# Is it normal in an interview...



## BravoMike (May 21, 2013)

Would you say it's general practice in an international job interview to ask about salary/package?


----------



## Stevesolar (Dec 21, 2012)

BravoMike said:


> Would you say it's general practice in an international job interview to ask about salary/package?


Yes - you need to bring up the subject at least in general terms - otherwise you wont know whether it is worth your while in pursuing the opportunity.

You need to find out what salary range the company are considering if they find the right person for the role (hopefully you!!).

Hope this helps!

Cheers

Steve


----------



## IzzyBella (Mar 11, 2013)

I was asked how much I was looking for. They liked me, so they offered me a more senior/gainful role. It's swings and roundabouts. Sometimes you stab yourself in the foot...other times it works in your benefit.


----------



## stamboy (Apr 1, 2013)

Never ask about salary. Always wait for the employer to raise the topic otherwise it makes you look like you are only interested in the role for the money.


----------



## BravoMike (May 21, 2013)

Ok, thanks. I'll put the feelers out there and see what happens...


----------



## stamboy (Apr 1, 2013)

But be prepared to discuss it if you have to. I normally say when asked that I'd want a salary comparable to my level of experience. That way you are not commiting yourself. They may then ask you what that level of salary is and you then might have to give a number.

So yes do your research first as you need to know your worth.


----------



## imac (Oct 14, 2012)

The salary question will come up, its inevitable. 

In all cases its in your best interest not to throw out a number first, and in most instances, you can get away with things like "My primary focus is on the value I will bring to the organization and what this experience will do for my personal career growth, that being said, I am sure this organization being a world class company compensates employees appropriately. I don't suppose you would mind me asking you what your view on an appropriate salary range would be for this position?"


----------



## Gavtek (Aug 23, 2009)

stamboy said:


> Never ask about salary.

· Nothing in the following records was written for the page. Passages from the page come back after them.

// Whether a program can go wrong at all.

ghost use Rattle.std.specs.Prelude.{◌≡◌, [], true, IfOk};
ghost use Rattle.std.specs.Arc.{arc_value};
ghost use Rattle.cc_ast.specs.Source.{source};
ghost use Rattle.cc_safe.specs.Safe.{AreGuarded, IsSafe};

use crate::acyclic::is_acyclic;
use crate::guards::guarded;
use cc_depth::acyclic_programs_are_never_deep;
use cc_guard::only_depth_is_left;
use cc_types::TypedUnit;
use std::alloc::{AllocError, Global};
use std::sync::Arc;

/// What was found about a program.
#[derive(Drop)]
pub struct Safety {
    /// The functions that need a guard, by their numbers in the order of definitions: as the guard pass sees it, one of their
    /// divisions, shifts or indices may go wrong.
    pub guarded: Vec<usize>,
    /// Whether its calls have no cycle. If they have one, too many calls may be open at once.
    pub acyclic: bool,
}

/// Finds out whether a program can go wrong. If no function needs a guard and its calls have no cycle, it goes wrong on no input and at no
/// bound on its steps (`safe`). Each function that is listed has code that goes wrong as it does and into which the guard pass puts a test;
/// each other one has such code that needs none (`guarded`). It fails only if memory runs out.
pub fn examine(alloc: Global, unit: &Arc<TypedUnit>) -> Result<Safety, AllocError>
    ensures safe { IfOk result (λ found. found.guarded.items ≡ [] → found.acyclic ≡ true → IsSafe (source (arc_value unit.now))) }
    ensures guarded { IfOk result (λ found. AreGuarded (source (arc_value unit.now)).externals found.guarded.items) }
{
    let _kept = unit.externals();
    only_depth_is_left();
    acyclic_programs_are_never_deep();
    let guarded = guarded(alloc, unit)?;
    let acyclic = is_acyclic(alloc, unit)?;
    Ok(Safety { guarded, acyclic })
}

Always wait for the employer to raise the topic otherwise it makes you look like you are only interested in the role for the money.


That's the sort of advice to give school leavers, it has no place in the real world. No-one's going to relocate their family to a different country without knowing what the salary and benefit package will be and it's best to address that as soon as possible to avoid wasting anyone's time.


----------



## Stevesolar (Dec 21, 2012)

Gavtek said:


> That's the sort of advice to give school leavers, it has no place in the real world. No-one's going to relocate their family to a different country without knowing what the salary and benefit package will be and it's best to address that as soon as possible to avoid wasting anyone's time.


Spot on!


----------



## stamboy (Apr 1, 2013)

Gavtek said:


> That's the sort of advice to give school leavers, it has no place in the real world. No-one's going to relocate their family to a different country without knowing what the salary and benefit package will be and it's best to address that as soon as possible to avoid wasting anyone's time.

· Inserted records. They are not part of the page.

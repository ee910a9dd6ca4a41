//! Whether a program can go wrong at all: which of its functions need a guard, and whether its calls have a cycle.
//!
//! `acyclic` looks for ranks of the functions that fall from call to call, `calls` checks whether they do, `guards` asks the
//! guard pass about each function, and `examining` says what follows from both. The crate exports `examine`, its answer, and the
//! definitions that the contracts cite (`specs/`).
#![tactic(auto)]

mod acyclic;
mod calls;
mod examining;
mod guards;

pub use examining::{Safety, examine};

I couldn't disagree more and have always been advised never to raise the question but be prepared for it. Asking the question can put the prospective employee at a disadvantage as if the Employer comes in with a low salary answer, the prospective employee might not want it, when in fact as we all know very often there is a range and if someone is a very good canidate a higher salary can be offered to secure that person.

I always wait till I'm asked the question and when you feel you are the number one choice of candidate you can negotiate much better. 

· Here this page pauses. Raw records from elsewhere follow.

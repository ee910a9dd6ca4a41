// The guards of one statement, which are written in front of it.

ghost use Rattle.std.specs.Prelude.{◌≡◌, ◌∷◌, [], ◌+◌, ◌++◌, IfOk, OnOk};
ghost use Rattle.cc_cminor_language.specs.Cminor as cminor;
ghost use Rattle.cc_cminor_language.specs.Code.{expression_of, statement_of, in_sequence};
ghost use Rattle.cc_cminor_language.specs.Statements.{statements_of};
ghost use Rattle.cc_words.specs.declared.operators.Binary.TheVariants as two;
ghost use Rattle.cc_guard.specs.Guard as guard;
ghost use Rattle.cc_guard.specs.Guard.{Stop, StopBoth, guard_code, asked_signed, asked, learned, waiting, bounded, forever, with_loop};
ghost use Rattle.cc_guard.specs.internal.Written.{Adds, AddsAll, here, Sees, some_of};

use crate::boxes::{binary, copied, sequence, unary};
use crate::known::Limit;
use cc_cminor_language::{Expression, Statement, both, boxed_statement, constant, local};
use cc_words::{Binary, Unary};
use std::alloc::{AllocError, Global};

/// The guards written for a statement so far, the next variable that a guard may set, and the bounds known for variables after
/// the guards.
#[derive(Drop)]
pub struct Guards {
    pub before: Vec<Statement>,
    pub next: usize,
    pub known: Vec<Limit>,
}

/// Whether a function has a guard so far, and the least number above every variable that its guards set.
#[derive(Clone, Copy)]
pub struct Seen {
    pub guards: bool,
    pub variables: usize,
}

// ---- one guard

// Adds a guard.
fn add(guards: &mut Guards, code: Box<Statement>) -> Result<(), AllocError>
    ensures before { OnOk result (statements_of guards.new.before.items ≡ statements_of guards.old.before.items ++ (statement_of code.value ∷ [])) }
    ensures next { OnOk result (guards.new.next ≡ guards.old.next) }
    ensures known { OnOk result (guards.new.known.items ≡ guards.old.known.items) }
{
    guards.before.push(Box::into_inner(code))?;
    Ok(())
}

// The guard that stops the run if the word is not 0.
fn stops(alloc: Global, blocks: usize, test: Box<Expression>) -> Result<Box<Statement>, AllocError>
    ensures { IfOk result (λ s. statement_of s.value ≡ guard_code blocks (Stop (expression_of test.value))) }
{
    let exit = boxed_statement(alloc, Statement::Exit(blocks))?;
    let skip = boxed_statement(alloc, Statement::Skip)?;
    boxed_statement(alloc, Statement::If(test, exit, skip))
}

// The guard that stops the run if neither of two words is 0.
fn stops_both(
    alloc: Global,
    blocks: usize,
    first: Box<Expression>,
    second: Box<Expression>,
) -> Result<Box<Statement>, AllocError>
    ensures { IfOk result (λ s. statement_of s.value ≡ guard_code blocks (StopBoth (expression_of first.value) (expression_of second.value))) }
{
    let stop = stops(alloc, blocks, second)?;
    let skip = boxed_statement(alloc, Statement::Skip)?;
    boxed_statement(alloc, Statement::If(first, stop, skip))
}

fn add_stop(
    alloc: Global,
    blocks: usize,
    guards: &mut Guards,
    test: Box<Expression>,
) -> Result<(), AllocError>
    ensures { OnOk result (Adds blocks (Stop (expression_of test.value) ∷ []) guards.old.next guards.old.known.items guards.old guards.new) }
{
    let stop = stops(alloc, blocks, test)?;
    add(guards, stop)
}

fn add_stop_both(
    alloc: Global,
    blocks: usize,
    guards: &mut Guards,
    first: Box<Expression>,
    second: Box<Expression>,
) -> Result<(), AllocError>
    ensures { OnOk result (Adds blocks (StopBoth (expression_of first.value) (expression_of second.value) ∷ []) guards.old.next guards.old.known.items guards.old guards.new) }
{
    let stop = stops_both(alloc, blocks, first, second)?;
    add(guards, stop)
}

// Adds the guard that puts a word into the next variable.
fn add_put(
    alloc: Global,
    blocks: usize,
    guards: &mut Guards,
    value: Box<Expression>,
) -> Result<Box<Expression>, AllocError>
    ensures value { IfOk result (λ v. expression_of v.value ≡ cminor.Local guards.old.next) }
    ensures adds { OnOk result (Adds blocks (guard.Put guards.old.next (expression_of value.value) ∷ []) (guards.old.next + 1) guards.old.known.items guards.old guards.new) }
{
    let variable = guards.next;
    let Some(next) = variable.checked_add(1) else {
        drop(value);
        return Err(AllocError);
    };
    let held = local(alloc, variable)?;
    let put = boxed_statement(alloc, Statement::Set(variable, value))?;
    add(guards, put)?;
    guards.next = next;
    Ok(held)
}

// ---- values and operands

/// What to use for a value that is read twice: a constant or a variable itself, else a new variable into which the value is
/// put.
pub fn waiting(
    alloc: Global,
    blocks: usize,
    guards: &mut Guards,
    value: Box<Expression>,
) -> Result<Box<Expression>, AllocError>
    ensures value { IfOk result (λ v. expression_of v.value ≡ (waiting (here guards.old (expression_of value.value))).value) }
    ensures adds { OnOk result (AddsAll blocks (waiting (here guards.old (expression_of value.value))) guards.old guards.new) }
{
    if matches!(&*value, Expression::Constant(_) | Expression::Local(_)) {
        Ok(value)
    } else {
        add_put(alloc, blocks, guards, value)
    }
}

fn add_asked_divisor(
    alloc: Global,
    blocks: usize,
    guards: &mut Guards,
    b: &Expression,
) -> Result<(), AllocError>
    ensures { OnOk result (Adds blocks (guard.asked_divisor (expression_of b.now)) guards.old.next guards.old.known.items guards.old guards.new) }
{
    let divisor = copied(alloc, b)?;
    let test = unary(alloc, Unary::IsZero, divisor)?;
    add_stop(alloc, blocks, guards, test)
}

// The expression that tests whether the value of `e` is this word.
fn is_word(alloc: Global, e: &Expression, word: u32) -> Result<Box<Expression>, AllocError>
    ensures { IfOk result (λ test. expression_of test.value ≡ cminor.Binary two.Eq (expression_of e.now) (cminor.Constant word)) }
{
    let e = copied(alloc, e)?;
    let word = constant(alloc, word)?;
    binary(alloc, Binary::Eq, e, word)
}

fn add_asked_signed(
    alloc: Global,
    blocks: usize,
    guards: &mut Guards,
    a: &Expression,
    b: &Expression,
) -> Result<(), AllocError>
    ensures { OnOk result (Adds blocks (asked_signed (expression_of a.now) (expression_of b.now)) guards.old.next guards.old.known.items guards.old guards.new) }
{
    add_asked_divisor(alloc, blocks, guards, b)?;
    let first = is_word(alloc, b, 4294967295)?;
    let second = is_word(alloc, a, 2147483648)?;
    add_stop_both(alloc, blocks, guards, first, second)
}

// Adds the guard that stops the run unless a word is below a number.
fn add_asked_below(
    alloc: Global,
    blocks: usize,
    guards: &mut Guards,
    b: &Expression,
    number: u32,
) -> Result<(), AllocError>
    ensures { OnOk result (Adds blocks (Stop (cminor.Binary two.LeU (cminor.Constant number) (expression_of b.now)) ∷ []) guards.old.next guards.old.known.items guards.old guards.new) }
{
    let value = copied(alloc, b)?;
    let number = constant(alloc, number)?;
    let test = binary(alloc, Binary::LeU, number, value)?;
    add_stop(alloc, blocks, guards, test)
}

/// Adds the guards of an operator.
pub fn add_asked(
    alloc: Global,
    blocks: usize,
    guards: &mut Guards,
    operator: Binary,
    a: &Expression,
    b: &Expression,
) -> Result<(), AllocError>
    ensures { OnOk result (Adds blocks (asked operator (expression_of a.now) (expression_of b.now)) guards.old.next guards.old.known.items guards.old guards.new) }
{
    match operator {
        Binary::DivS | Binary::RemS => add_asked_signed(alloc, blocks, guards, a, b),
        Binary::DivU | Binary::RemU => add_asked_divisor(alloc, blocks, guards, b),
        Binary::Shl | Binary::ShrS | Binary::ShrU => add_asked_below(alloc, blocks, guards, b, 32),
        _ => Ok(()),
    }
}

// Records that a value is below a number: if `value` is a variable, this bound is known from then on.
fn learn(guards: &mut Guards, value: &Expression, number: u32) -> Result<(), AllocError>
    ensures known { OnOk result (guards.new.known.items ≡ learned (expression_of value.now) number guards.old.known.items) }
    ensures before { OnOk result (guards.new.before.items ≡ guards.old.before.items) }
    ensures next { OnOk result (guards.new.next ≡ guards.old.next) }
{
    if let Expression::Local(variable) = value {
        guards.known.push(Limit {
            variable: *variable,
            most: number.saturating_sub(1),
        })?;
    }
    Ok(())
}

/// Adds a guard that tests that the value is below `number`. If `value` is a variable, this bound is known from then on.
pub fn bounded(
    alloc: Global,
    blocks: usize,
    guards: &mut Guards,
    value: &Expression,
    number: u32,
) -> Result<(), AllocError>
    ensures { OnOk result (AddsAll blocks (bounded number (here guards.old (expression_of value.now))) guards.old guards.new) }
{
    add_asked_below(alloc, blocks, guards, value, number)?;
    learn(guards, value, number)
}

// ---- the statement

/// No guards yet. `first` is the first variable that a guard may set, and `known` holds the bounds known beforehand.
pub fn begun(alloc: Global, first: usize, known: &[Limit]) -> Result<Guards, AllocError>
    ensures before { IfOk result (λ guards. guards.before.items ≡ []) }
    ensures next { IfOk result (λ guards. guards.next ≡ first) }
    ensures known { IfOk result (λ guards. guards.known.items ≡ known.now) }
{
    let known = Vec::from_slice(alloc, known)?;
    Ok(Guards {
        before: Vec::new(alloc),
        next: first,
        known,
    })
}

/// Updates what was seen of the function with the guards of one of its statements.
pub fn note(guards: &Guards, seen: &mut Seen)
    ensures { Sees (some_of guards.now.before.items) guards.now.next seen.old seen.new }
{
    seen.guards = seen.guards || !guards.before.is_empty();
    seen.variables = seen.variables.max(guards.next);
}

/// The guards, followed by their statement.
pub fn finished(
    alloc: Global,
    guards: Guards,
    last: Statement,
) -> Result<Box<Statement>, AllocError>
    ensures { IfOk result (λ s. statement_of s.value ≡ in_sequence (statements_of guards.before.items ++ (statement_of last ∷ []))) }
{
    let Guards {
        before,
        next: _,
        known,
    } = guards;
    drop(known);
    let mut all = before;
    all.push(last)?;
    sequence(alloc, all)
}

/// A function's code with guards, followed by the loop at its end.
pub fn with_loop(alloc: Global, code: Box<Statement>) -> Result<Box<Statement>, AllocError>
    ensures { IfOk result (λ s. statement_of s.value ≡ with_loop (statement_of code.value)) }
{
    let done = boxed_statement(alloc, Statement::Exit(1))?;
    let inner = both(alloc, code, done)?;
    let inner = boxed_statement(alloc, Statement::Block(inner))?;
    let skip = boxed_statement(alloc, Statement::Skip)?;
    let forever = boxed_statement(alloc, Statement::Loop(skip))?;
    let outer = both(alloc, inner, forever)?;
    boxed_statement(alloc, Statement::Block(outer))
}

If the candidate has done his research and the company is reputable he should have an idea what sort of salary range will be the norm.

However, that's just my two penneth worth from working in England for 16 years, but things may be different out there!

Choose to do whatever you feel is right at the end of the day, your life, your decision.


----------



## Stevesolar (Dec 21, 2012)

stamboy said:


> I couldn't disagree more and have always been advised never to raise the question but be prepared for it. Asking the question can put the prospective employee at a disadvantage as if the Employer comes in with a low salary answer, the prospective employee might not want it, when in fact as we all know very often there is a range and if someone is a very good canidate a higher salary can be offered to secure that person.
> 
> I always wait till I'm asked the question and when you feel you are the number one choice of candidate you can negotiate much better.
> 
> ...



I think the key here is timing.
You need to be at the right stage of the interview to start talking money and packages.
Obvoiusly, the original question mention an international interview and if you are relocating here you have to factor in much more than the simple base level salary in the UK.
As Gav says, you need to enusure you are not wasting each others time - so it will need to at least be spoken about in broad terms towards the end of a positively heading interview.

Cheers

Steve


----------



## stamboy (Apr 1, 2013)

Stevesolar said:


> I think the key here is timing.
> You need to be at the right stage of the interview to start talking money and packages.
> 
> Cheers
> ...


I fully agree with this point and the OP needs to take into account other factors we cannot know.

For my job I had two interviews and then a panel interview and money was never mentioned until after the third interview by my employer. At that stage I knew I was in a good position and thus helps in negotiating stages.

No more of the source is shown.